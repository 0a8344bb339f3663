//! Made volumes are accepted: that they keep the rules of which no law speaks is shown here alone.
ghost use Rattle.std.specs.Prelude.{◌≡◌, ◌+◌, ◌*◌, [], IfOk, replicate};
ghost use Rattle.ntfs_base.specs.Memory.{seen_of};

use ntfs_base::MemImage;
use ntfs_bitmap::ClusterSet;
use ntfs_check::judge;
use ntfs_make::{is_in_range, make};
use ntfs_rules::CheckFault;
use ntfs_volume::{VolumeFault, read_table};
use std::alloc::{AllocError, Global};
use std::process::Abort;
use std::test::Fail;

fn zeros(alloc: Global, count: usize) -> Result<Vec<u8>, AllocError>
    ensures { IfOk result (λ bytes. bytes.items ≡ replicate count 0) }
{
    vec![in alloc; 0; count]
}

/// An image of zeros for so many clusters of so many bytes, and one more.
fn blank(alloc: Global, clusters: u32, cluster: u32) -> Result<MemImage, AllocError>
    ensures content { IfOk result (λ image. (seen_of [] image.inside).content
        ≡ replicate ((clusters + 1) * cluster) 0) }
    ensures size { IfOk result (λ image. (seen_of [] image.inside).size ≡ (clusters + 1) * cluster) }
{
    let bytes = zeros(alloc, (clusters as usize + 1) * cluster as usize)?;
    Ok(MemImage::new(alloc, bytes))
}

/// A made volume.
fn volume(
    rt: &impl Abort,
    alloc: Global,
    seed: u64,
    clusters: u32,
    cluster: u32,
) -> Result<MemImage, Fail> {
    let mut image = blank(alloc, clusters, cluster)?;
    assert!(rt; is_in_range(clusters, cluster));
    if make(alloc, &mut image, seed, clusters, cluster).is_err() {
        return Err("no volume".into());
    }
    Ok(image)
}

/// The verdict on an image: the owned clusters, or why there are none.
fn judged(
    alloc: Global,
    image: &mut MemImage,
) -> Result<Result<ClusterSet, CheckFault>, VolumeFault> {
    let table = read_table(alloc, image)?;
    Ok(judge(alloc, image, &table))
}

/// The made volumes of the seeds from one up to another are accepted, each with so many owned clusters.
fn are_accepted(
    rt: &impl Abort,
    alloc: Global,
    first: u64,
    end: u64,
    clusters: u32,
    cluster: u32,
    owned: u64,
) -> Result<(), Fail> {
    for seed in first..end {
        let mut image = volume(rt, alloc, seed, clusters, cluster)?;
        let Ok(Ok(set)) = judged(alloc, &mut image) else {
            return Err("not accepted".into());
        };
        assert_eq!(rt; set.count_below(u64::from(clusters)), owned, "{seed}");
    }
    Ok(())
}

/// Clusters of 512 bytes: $Boot 16, $MFT 64 and 64, $MFTMirr 8, $LogFile 128, $Bitmap 1, $UpCase 256, the root's index
/// 8, `sparse.bin`, `half.bin`, `packed.bin` and `listed.bin` 9 together, the sixteen files 40, and the bad one.
fn small_are_accepted(rt: &impl Abort, alloc: Global, first: u64, end: u64) -> Result<(), Fail> {
    are_accepted(rt, alloc, first, end, 2048, 512, 595)
}

/// Clusters of 65,536 bytes: each area of system files has 1, but $UpCase 2; the others as above.
fn large_are_accepted(rt: &impl Abort, alloc: Global, first: u64, end: u64) -> Result<(), Fail> {
    are_accepted(rt, alloc, first, end, 1024, 65536, 59)
}

#[test]
fn volumes_of_small_clusters_and_seeds_0_to_7_are_accepted(rt: HostRuntime) -> Result<(), Fail> {
    small_are_accepted(&rt, rt.alloc(), 0, 8)
}

#[test]
fn volumes_of_small_clusters_and_seeds_8_to_15_are_accepted(rt: HostRuntime) -> Result<(), Fail> {
    small_are_accepted(&rt, rt.alloc(), 8, 16)
}

/// Clusters of 4,096 bytes: $Boot 2, $MFT 8 and 8, $MFTMirr 1, $LogFile 16, $Bitmap 1, $UpCase 32, the root's index 1;
/// the others as above.
#[test]
fn volumes_of_usual_clusters_are_accepted(rt: HostRuntime) -> Result<(), Fail> {
    are_accepted(&rt, rt.alloc(), 0, 16, 1024, 4096, 119)
}

#[test]
fn volumes_of_large_clusters_and_seeds_0_to_3_are_accepted(rt: HostRuntime) -> Result<(), Fail> {
    large_are_accepted(&rt, rt.alloc(), 0, 4)
}

#[test]
fn volumes_of_large_clusters_and_seeds_4_to_7_are_accepted(rt: HostRuntime) -> Result<(), Fail> {
    large_are_accepted(&rt, rt.alloc(), 4, 8)
}

#[test]
fn volumes_of_large_clusters_and_seeds_8_to_11_are_accepted(rt: HostRuntime) -> Result<(), Fail> {
    large_are_accepted(&rt, rt.alloc(), 8, 12)
}

#[test]
fn volumes_of_large_clusters_and_seeds_12_to_15_are_accepted(rt: HostRuntime) -> Result<(), Fail> {
    large_are_accepted(&rt, rt.alloc(), 12, 16)
}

----

* _EXERCISE GOAL_: Count lines above containing "replicate" and report only the total.

* _FINISHED TASK_: 3